23 reasons why I want a hysterectomy for PMDD / severe PMS
Two nights ago I stayed up way too late doing extra online research into the pros and cons of hysterectomies, after foolishly ‘un-ignoring’ and reading some posts from a well known provocateur on the NAPS forum (I know, don’t feed the trolls!). I love research and I want to be sure I’ve covered all bases, but I got myself into quite a state! Luckily my jolly chap was there to give me a hug.
You see, there are some extremist propaganda sites out there whose motive is to scare women away from hysterectomy, as opposed to helping them make the right choice for their own body. In the past some women, particularly in North America, have been treated insensitively by the patriarchal medical establishment and there are some horror stories (like ovaries whipped out without consent just because you’re over 40, vaginas cut and made narrower without consent..*shudder*), I’ll post about this topic another time.

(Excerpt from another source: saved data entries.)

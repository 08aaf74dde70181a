//! Verdicts on facts: by worlds that are known, else by a question.
ghost use Rattle.std.specs.Prelude.{◌≡◌, Some, All, IfOk, OnOk, true, false};
ghost use Rattle.query_core.specs.Claims.{fact_at, GoesOn};
ghost use Rattle.must_facts.specs.Inquiries.{IsQueryOf, matter_of};
ghost use Rattle.must_facts.specs.Knowing.{Answers, IsKnown, Weighs, WeighsAll};

use crate::inquiry::Inquiry;
use crate::known::{Known, number_at};
use diagnoses::{Open, Verdict};
use plain_data::{Fact, Items};
use query_core::{AskFault, Query, Reply, Target};
use std::alloc::Global;

/// The verdict on a fact that holds on the run of each known world.
fn weigh_lacking(
    alloc: Global,
    inquiry: &Inquiry<'_>,
    query: &mut Query,
    known: &mut Known,
    number: u32,
    fact: &Fact,
) -> Result<Verdict, AskFault>
    requires query { IsQueryOf inquiry.now query.old }
    requires known { IsKnown (matter_of inquiry.now query.old) known.old }
    requires fact { fact_at inquiry.now.facts.now number ≡ Some fact.now }
    requires hold { All (Answers true inquiry.now.log.now fact.now) known.old.runs }
    ensures goes { OnOk result (GoesOn query.old query.new) }
    ensures weighs { IfOk result (Weighs (matter_of inquiry.now query.old) number fact.now known.old known.new query.old.solver.kept query.new.solver.kept) }
{
    match query.ask(alloc, Target::Lacking(number), inquiry.conflicts)? {
        Reply::World(world) => {
            known.add(alloc, inquiry, world)?;
            let lacking = known.count()?;
            Ok(Verdict::May { having: 1, lacking })
        }
        Reply::Refuted(refutation) => Ok(Verdict::Must(refutation)),
        Reply::Spent(trail) => {
            let count = known.count()?;
            Ok(Verdict::Unknown {
                open: Open::Lacking,
                known: count,
                trail,
            })
        }
    }
}

/// The verdict on a fact that holds on the run of no known world.
fn weigh_having(
    alloc: Global,
    inquiry: &Inquiry<'_>,
    query: &mut Query,
    known: &mut Known,
    number: u32,
    fact: &Fact,
) -> Result<Verdict, AskFault>
    requires query { IsQueryOf inquiry.now query.old }
    requires known { IsKnown (matter_of inquiry.now query.old) known.old }
    requires fact { fact_at inquiry.now.facts.now number ≡ Some fact.now }
    requires fail { All (Answers false inquiry.now.log.now fact.now) known.old.runs }
    ensures goes { OnOk result (GoesOn query.old query.new) }
    ensures weighs { IfOk result (Weighs (matter_of inquiry.now query.old) number fact.now known.old known.new query.old.solver.kept query.new.solver.kept) }
{
    match query.ask(alloc, Target::Having(number), inquiry.conflicts)? {
        Reply::World(world) => {
            known.add(alloc, inquiry, world)?;
            let having = known.count()?;
            Ok(Verdict::May { having, lacking: 1 })
        }
        Reply::Refuted(refutation) => Ok(Verdict::MustNot(refutation)),
        Reply::Spent(trail) => {
            let count = known.count()?;
            Ok(Verdict::Unknown {
                open: Open::Having,
                known: count,
                trail,
            })
        }
    }
}

/// The verdict on the fact of a number.
fn weigh(
    alloc: Global,
    inquiry: &Inquiry<'_>,
    query: &mut Query,
    known: &mut Known,
    number: u32,
    fact: &Fact,
) -> Result<Verdict, AskFault>
    requires query { IsQueryOf inquiry.now query.old }
    requires known { IsKnown (matter_of inquiry.now query.old) known.old }
    requires fact { fact_at inquiry.now.facts.now number ≡ Some fact.now }
    ensures goes { OnOk result (GoesOn query.old query.new) }
    ensures weighs { IfOk result (Weighs (matter_of inquiry.now query.old) number fact.now known.old known.new query.old.solver.kept query.new.solver.kept) }
{
    let Some(having) = known.find(inquiry, fact, true)? else {
        return weigh_having(alloc, inquiry, query, known, number, fact);
    };
    match known.find(inquiry, fact, false)? {
        Some(lacking) => Ok(Verdict::May { having, lacking }),
        None => weigh_lacking(alloc, inquiry, query, known, number, fact),
    }
}

/// The verdicts on all facts, in order.
pub(crate) fn weigh_all(
    alloc: Global,
    inquiry: &Inquiry<'_>,
    query: &mut Query,
    known: &mut Known,
) -> Result<Items<Verdict>, AskFault>
    requires query { IsQueryOf inquiry.now query.old }
    requires known { IsKnown (matter_of inquiry.now query.old) known.old }
    ensures goes { OnOk result (GoesOn query.old query.new) }
    ensures weighs { IfOk result (λ vs. WeighsAll (matter_of inquiry.now query.old) inquiry.now.facts.now known.new query.new.solver.kept vs) }
{
    let mut verdicts = Items::new(alloc);
    for index in 0..inquiry.facts.len() {
        let number = number_at(index)?;
        let verdict = weigh(alloc, inquiry, query, known, number, &inquiry.facts[index])?;
        verdicts.push(verdict)?;
    }
    Ok(verdicts)
}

I woke up today feeling very well rested and clear headed, glad I didn’t fire off a letter yesterday postponing the operation! Instead I fired off this list:
23 reasons why I want a hysterectomy (including removal of the ovaries):
- Current thinking is that it is the only ‘true cure‘ for severe PMS/PMDD.
- Once the HRT is balanced I’ll be free of cyclical depression (joy!) and..

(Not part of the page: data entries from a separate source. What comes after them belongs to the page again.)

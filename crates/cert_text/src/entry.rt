ghost use Rattle.std.specs.Prelude.{◌≡◌, IfOk};
ghost use Rattle.cert_text.specs.WorldSteps as spec;

use crate::text::put_entry;
use plain_data::Items;
use std::alloc::{AllocError, Global};

/// A key, and what stands there.
#[derive(Clone, Copy, PartialEq, Eq)]
pub(crate) struct Entry {
    pub(crate) key: u64,
    pub(crate) value: u64,
}

/// A number with one more digit, up to the greatest word.
fn entry_with(entry: Entry, byte: u8) -> Entry
    ensures { result ≡ spec.entry_with entry byte }
{
    match byte {
        b' ' => Entry {
            key: entry.value,
            value: 0,
        },
        b'0'..=b'9' => Entry {
            key: entry.key,
            value: entry
                .value
                .saturating_mul(10)
                .saturating_add(u64::from(byte - b'0')),
        },
        _ => entry,
    }
}

/// The only entry whose line the bytes may be.
pub(crate) fn entry_in(line: &[u8]) -> Entry
    ensures { result ≡ spec.entry_in line.now }
{
    let mut entry = Entry { key: 0, value: 0 };
    'bytes: for byte in line {
        entry = entry_with(entry, *byte);
    }
    entry
}

/// Whether the bytes are the entry's line.
pub(crate) fn spells(
    alloc: Global,
    letter: u8,
    entry: Entry,
    line: &[u8],
) -> Result<bool, AllocError>
    ensures { IfOk result (λ b. b ≡ spec.spells letter entry line.now) }
{
    let mut text = Items::new(alloc);
    put_entry(&mut text, letter, entry.key, entry.value)?;
    Ok(line == text.as_slice())
}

- Suicidal thoughts (experienced during the worst throes of PMDD).
- Jekyll & Hyde behaviour.
- Awful menstrual cramps.
- Birth control hassle (I’m child-free by choice).
- The hassle of having periods.
- No more smear tests.
- I’ll never get cancer in those areas (my mother had a hysterectomy in her 30’s after a smear test detected pre-cancerous cells).

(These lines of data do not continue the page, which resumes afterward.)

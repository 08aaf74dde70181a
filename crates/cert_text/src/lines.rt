ghost use Rattle.std.specs.Prelude.{◌≡◌, ◌≤◌, not, ◌==◌, length};
ghost use Rattle.std.specs.List.{prefix_len};
ghost use Rattle.cert_text.specs.Lines as spec;

/// How many bytes stand before the first newline.
fn plain_len(bytes: &[u8]) -> usize
    ensures { result ≡ prefix_len (λ b. not (b == 10)) bytes.now }
{
    bytes.iter().take_while(|b| **b != b'\n').count()
}

/// The length of the first line, its newline included.
pub(crate) fn line_len(bytes: &[u8]) -> usize
    ensures value { result ≡ spec.line_len bytes.now }
    ensures within { result ≤ length bytes.now }
{
    let plain = plain_len(bytes);
    if plain < bytes.len() {
        plain + 1
    } else {
        plain
    }
}
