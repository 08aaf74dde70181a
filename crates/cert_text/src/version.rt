ghost use Rattle.std.specs.Prelude.{◌≡◌, ◌↔◌, IsTrue, ◌||◌, ◌==◌, nat_lt, length, slice_index};
ghost use Rattle.std.specs.List.{list_all};
ghost use Rattle.std.specs.Char.{is_ascii_digit};
ghost use Rattle.cert_text.specs.Lines.{lines_of};
ghost use Rattle.cert_text.specs.WorldTexts as spec;

use crate::lines::line_len;

/// Whether the bytes are one byte, or begin with no zero.
fn begins_number(bytes: &[u8]) -> bool
    ensures { result ≡ (length bytes.now == 1 || nat_lt 48 (slice_index bytes.now 0)) }
{
    match bytes {
        [] => false,
        [_] => true,
        [first, ..] => *first > b'0',
    }
}

fn are_digits(bytes: &[u8]) -> bool
    ensures { result ≡ list_all is_ascii_digit bytes.now }
{
    bytes.iter().all(|b| b.is_ascii_digit())
}

/// Whether the bytes are a number without leading zeros.
fn is_numeral(bytes: &[u8]) -> bool
    ensures { result ≡ spec.is_numeral bytes.now }
{
    begins_number(bytes) && are_digits(bytes)
}

/// Whether a line names a version other than 1.
fn is_other_version(line: &[u8]) -> bool
    ensures { IsTrue result ↔ spec.IsOtherVersion line.now }
{
    let Some(tail) = line.strip_prefix(b"sherlog world ") else {
        return false;
    };
    let Some(number) = tail.strip_suffix(b"\n") else {
        return false;
    };
    is_numeral(number) && number != b"1".as_slice()
}

/// Whether the first line does.
pub(crate) fn names_other_version(bytes: &[u8]) -> bool
    ensures { IsTrue result ↔ spec.NamesOtherVersion (lines_of bytes.now) }
{
    is_other_version(&bytes[..line_len(bytes)])
}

- I haven’t had a bleed since June 2011 as I stopped trying any further different types of progestogens (I’m severely progesterone intolerant). (If you have estrogen therapy, which I do, and a uterus you need to shed the lining sometimes, otherwise you are at risk of developing ‘endometrial hyperplasia’=cancer of the womb lining).
- I won’t lose my partner to my extreme mood swings.
- I can make more work.
- I can make more money, see projects through, be consistent.
- I’ll be stronger / more resilient both in my personal life and in my career.
- I’ll be better equipped to deal with stress (I like big projects!).
- I won’t be the fearful, troubled person that I am in the throes of PMDD. She’s a real bore.
- I don’t want to ruin the rest of my 30’s or 40’s, a really key time in my career (parts of my 20’s and early 30’s were very difficult due to depression, which I now think was cyclical depression – part of PMDD, hormone-related rather than psychological).
- Less/no binge eating or cravings (130lb in 2005, I loved it!).
- No monthly crash / loss of confidence.
- More consistent sleep.
- No anti-depressants (I hate that ‘flat’ feeling).
- Less of a need to shop! (I’ve hoarding tendencies).
- If I don’t have the operation I’ll be perimenopausal (pre-menopausal) in 5-10 years time (possibly less), which will bring its own mood problems for someone with my history..
Downsides of a hysterectomy
- ALL operations carry some risk and I am not undertaking it likely, i.e. my surgeon says that there is a one in a thousand chance that when he goes in through my belly button laparoscopically he may accidentally puncture the wrong organ (I don’t have endometriosis so my organs aren’t stuck together, so I should be ok).
- It may well take some time to balance the HRT so I’ll probably have to deal with some menopausal symptoms poking through during this time – but I’m under the care of THE top people on the NHS.
- Ongoing use of HRT may bring it’s own problems (controversial topic), OR it may protect me!
- Psychological implications – however there are massive psychological implications for me NOT having the operation, see list above!
- No uterine orgasmic contractions (no uterus!), so orgasms may feel different.
- Possible lower sexual response/libido – but, living with PMDD is very bad for my relationship!
So my eyes are WIDE open! The hysterectomy is scheduled for 23 February 2012, on the NHS. Everyone needs to do what’s right for them, and this feels like the right choice for me.